- Oil (and stock markets) try to shrug off latest military engagement between Iran and America
- Brent crude trades just below $100 a barrel
- Oil futures are still in ‘backwardation’ all the same to suggest near-term supply stresses remain
- Price increases all along the futures curve would speak of increased concern over long-term global supply
“Despite the latest military skirmishes between America and Iran, the price of Brent crude stands just below $100 a barrel, to suggest that financial markets’ are keeping faith in their preferred and anticipated outcome of a peaceful resolution, a reopening of the Strait of Hormuz and a normalisation in the supply and price of oil,” says AJ Bell investment director Russ Mould.
“But investors need to think about how oil is priced when they consider whether, or for how long, the cost of crude could influence global inflation and growth, and, in turn, central bank monetary policy, corporate earnings and consumer confidence.
Source: LSEG Refinitiv data
“The prevailing price quote of $99 a barrel for Brent crude refers to futures prices for delivery in July. It is the price of ‘paper’ oil, used by producers, buyers, and traders to manage and hedge their exposures as much as it is to arrange and take shipment.
“Anyone wanting physical delivery today will have to pay a premium.
“Moreover, at the time of writing, Brent crude for delivery in August trades at $96.45, for December at $77.58 and at $75.55 for one year’s time.
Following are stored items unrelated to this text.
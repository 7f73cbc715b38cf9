// The three words of an expression's row, by its sort: a child is numbered below its parent.
ghost use Rattle.std.specs.Prelude.{◌≡◌, leb};
ghost use Rattle.layout.specs.Exprs.{wide};
ghost use Rattle.soundness.specs.Sound.{fields_fit};

use crate::counted::CountedStore;
use module::{ExprId, INFINITY_BITS, LARGEST_INTEGER};
use rows::{Row, joined};
use texts::text_fits;

// A number of two words, the higher first, against a limit of two words.
fn wide_within(hi: u32, lo: u32, limit: u64) -> bool
    ensures { result ≡ leb (wide hi lo) limit }
{
    joined(hi, lo) <= limit
}

impl CountedStore<'_> {
    // There are 15 binary operators and 2 unary ones. The sort stays a number: one that is none is what the check is
    // for. Neighbouring sorts stand in different arms, so that all arms together are one table of jumps.
    #[tactic(auto, unfolding(crate::specs::Sound::fields_fit, crate::specs::Sound::name_fits))]
    pub fn fields_fit(&self, e: ExprId, row: Row) -> bool
        ensures { result ≡ fields_fit self.now.store.now e.0 row.sort row.a row.b row.c }
    {
        let Row { sort, a, b, c } = row;
        match sort {
            0 | 8 | 16 | 18 => true,
            1 | 19 => true,
            2 | 23 | 25 => (a < e.0) & (b < e.0),
            26 => (a < e.0) & (b < e.0),
            3 => (a < e.0) & ((b < e.0) & (c < e.0)),
            4 => wide_within(a, b, INFINITY_BITS),
            5 => wide_within(a, b, LARGEST_INTEGER),
            6 | 21 => text_fits(self.store, self.counts.texts, a),
            7 => text_fits(self.store, self.counts.texts, a),
            9 | 11 | 13 | 15 | 22 | 24 => a < e.0,
            10 | 12 | 14 => (a < e.0) & (b < self.counts.names),
            17 => (a < e.0) & ((b < e.0) & ((1 <= c) & (c <= 15))),
            20 => (1 <= a) & ((a <= 2) & (b < e.0)),
            _ => sort <= 28,
        }
    }
}
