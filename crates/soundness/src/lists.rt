// Lists of numbers, a word each: the names that scopes enter, and the references that are kept.
ghost use Rattle.std.specs.Prelude.{◌≡◌, ◌+◌, ◌*◌, ◌≤◌, length, ltb};
ghost use Rattle.words.specs.Words.{word};
ghost use Rattle.soundness.specs.Sound.{all_to};

use words::get32;

// Whether each of the n words from `at` on is below the bound.
pub fn all_below(store: &[u8], at: usize, n: u32, bound: u32) -> bool
    requires { at + 4 * n ≤ length store.now }
    ensures { result ≡ all_to (λ j. ltb (word store.now (at + 4 * j)) bound) n }
{
    (0..n).all(|j| get32(store, at + 4 * j as usize) < bound)
}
That May 2027 delivery price is not too far away from the $70-a-barrel mark at which Brent crude traded before the US launched its first strikes on Iran on the last day of February.
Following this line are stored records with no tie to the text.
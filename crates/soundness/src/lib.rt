// How a call finds the store: long enough, sound, with something loaded (refusals 21, 22 and 23).
//
// The check reads the rows in use once, for any bytes, and its answer is an equation with the
// definition of soundness (specs/Sound.antt), which is docs/STORE.md's lists of numbers.
#![tactic(auto)]

mod conditions;
mod counted;
mod counts;
mod exprs;
mod fields;
mod firsts;
mod items;
mod lists;
mod names;
mod scopes;
mod uses;
mod whole;

pub use conditions::Unfit;
pub use whole::{condition, sound};
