// What a new text of a name moves.
ghost use Rattle.std.specs.Prelude.{◌≡◌, [], length};
ghost use Rattle.spec.specs.Calls.{at_name};
ghost use Rattle.spec.specs.Moved.{cons_if};
ghost use Rattle.spec.specs.Kept.{moved_by};
ghost use Rattle.layout.specs.Layout.{Long};
ghost use Rattle.layout.specs.Keeps.{kept_in};
ghost use Rattle.moving.specs.Moving.{differs, About, MovesTo, Fits, MovesOne, MovesAnswers, Movable, Moves};

use crate::moved::unless_kept;
use crate::named::{Named, find_name, may_move};
use answer::Answer;
use kept::set_answer;
use listing::list_references;
use module::{ExprId, NameId};
use resolve::resolve_renamed;
use rows::{expr_count, reference_text};
use words::put32;

// What becomes of one answer, as if the name had the new text. `About store.now x` stands in each contract, as `Long`
// does: a type that carried it would have to hold the store.
fn moved_by_name(store: &[u8], e: ExprId, x: Named, new: &[u8]) -> Option<Answer>
    requires { Long store.now × About store.now x }
    ensures { MovesTo (at_name x.name.0) new.now e.0 store.now result }
{
    if !may_move(store, e, x, new) {
        return None;
    }
    let Some(t) = reference_text(store, e) else {
        return None;
    };
    let a = resolve_renamed(store, e, t, x.name, new);
    unless_kept(store, e, a)
}

// Most expressions are no References, and are left at once.
fn count_one(store: &[u8], e: ExprId, x: Named, new: &[u8]) -> u32
    requires { Long store.now × About store.now x }
    ensures { result ≡ length (cons_if (differs (kept_in store.now) (at_name x.name.0) new.now e.0) e.0 []) }
{
    let Some(_) = reference_text(store, e) else {
        return 0;
    };
    match moved_by_name(store, e, x, new) {
        Some(_) => 1,
        None => 0,
    }
}

// How many answers it moves; nothing is written. No `filter(..).count()`: it gives a usize, and that the number fits the
// u32 of a reply would be one more thing to prove.
pub(crate) fn count_moved_by_name(store: &[u8], x: NameId, new: &[u8]) -> u32
    requires { Long store.now }
    ensures { result ≡ length (moved_by (kept_in store.now) (at_name x.0) new.now) }
{
    let name = find_name(store, x);
    let mut count: u32 = 0;
    for e in 0..expr_count(store) {
        count += count_one(store, ExprId(e), name, new);
    }
    count
}

// Moves one answer, where it is another, and lists it as number n.
fn move_one(store: &mut [u8], e: ExprId, x: Named, new: &[u8], moved: &mut [u8], n: usize) -> usize
    requires { Long store.old × (About store.old x × Fits (differs (kept_in store.old) (at_name x.name.0) new.now e.0) n moved.old) }
    ensures { MovesOne (at_name x.name.0) new.now e.0 n store.old moved.old result store.new moved.new }
{
    let Some(_) = reference_text(store, e) else {
        return n;
    };
    match moved_by_name(store, e, x, new) {
        Some(a) => {
            set_answer(store, e, a);
            put32(moved, 4 * n, e.0);
            n + 1
        }
        None => n,
    }
}

// Moves all of them, in the order of their numbers.
fn move_answers(store: &mut [u8], x: NameId, new: &[u8], moved: &mut [u8])
    requires { Long store.old × Movable (at_name x.0) new.now store.old moved.old }
    ensures { MovesAnswers (at_name x.0) new.now store.old moved.old store.new moved.new }
{
    let name = find_name(store, x);
    let mut count: usize = 0;
    for e in 0..expr_count(store) {
        count = move_one(store, ExprId(e), name, new, moved, count);
    }
}

// As many as were counted; the references of names are listed anew only if there are any.
pub(crate) fn move_by_name(store: &mut [u8], x: NameId, new: &[u8], count: u32, moved: &mut [u8])
    requires { Long store.old × (Movable (at_name x.0) new.now store.old moved.old × (count ≡ length (moved_by (kept_in store.old) (at_name x.0) new.now))) }
    ensures { Moves (at_name x.0) new.now store.old moved.old store.new moved.new }
{
    if count == 0 {
        return;
    }
    move_answers(store, x, new, moved);
    list_references(store);
}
Source: LSEG Refinitiv data, ICE. As of 26 May, at 10:00
“This downward sloping price curve from physical oil to paper futures is known as ‘backwardation.’ This is normally a sign that near-term supply remains tight relative to demand.
“The opposite, when later futures prices are higher than near-term ones, is known as ‘contango.’ An upward-sloping futures curve usually signifies a near-term glut, as oil trades price the cost of storage into future delivery.
“Given the ongoing blockades in the Strait of Hormuz, no-one will be surprised to see the oil price curve in backwardation.
“In addition, the downward sloping price curve may reflect confidence that supply will return to the market once Washington and Tehran reach a peace settlement soon, a scenario which equity markets are discounting too, judging by how many major indices trade at or near to all-time highs.
“The easing of sanctions against Russia, or at least Russian-sourced products, the UAE’s break away from OPEC+ and the use of strategic reserves to boost near-term supply are also convincing markets that the oil price will not stay higher for longer on a sustained basis. America’s ongoing production boom is also a source of reassurance, thanks to shale, and a welcome contrast to the oil price shocks of the 1970s, when America was an importer and not an exporter.
Source: US Energy Information Administration
“Crude has barely threatened the high reached in 2022 after Russia’s attack on Ukraine, let along the all-time peak of $147 seen in 2008.
“But even a peace settlement may not permit the oil price to retreat to its pre-war mark of $70 a barrel too quickly.
“Tankers still must return to the Gulf, load up, ship and unload oil, while producing nations may have to repair damage to their facilities and refineries. In addition, consumers of oil may wish to replace the stockpiles that they are currently running down to ensure that they are prepared for any future oil price shocks.
“America’s Strategic Petroleum Reserve, at 374 million barrels, stands well below maximum capacity of 714 million barrels while total stockpiles, at 820 million barrels, are not much above levels last seen in December 1986, when West Texas Intermediate crude traded at just $17 a barrel and such matters seemed less important.
Source: US Energy Information Administration
“Investors must therefore watch not just how the one-month futures oil price develops but the entire futures curve.
“If the oil market remains in backwardation, and later-dated futures start to rise just as sharply, or faster, than the near-dated paper oil price then that could be sign of stress in the market and ongoing tight supply. Equally, the opposite may apply if the market moves into contango, to imply supplies are plentiful once more.
“This matters because equity markets are still pricing in a relatively speedy resolution to the stand-off between Washington and Tehran and a rapid resumption of oil supply, with all of the potential benefits that could bring, in the form of lower oil prices, cooler inflation, lower input costs for companies, lower bills for consumers and lower interest rates from central banks.
“Rising prices across the futures curve could be a sign that stock markets are too optimistic, while falling ones for near-term delivery and rising ones for oil supply in six to twelve months’ time would support the bullish thesis and the rally in share prices from the March lows.”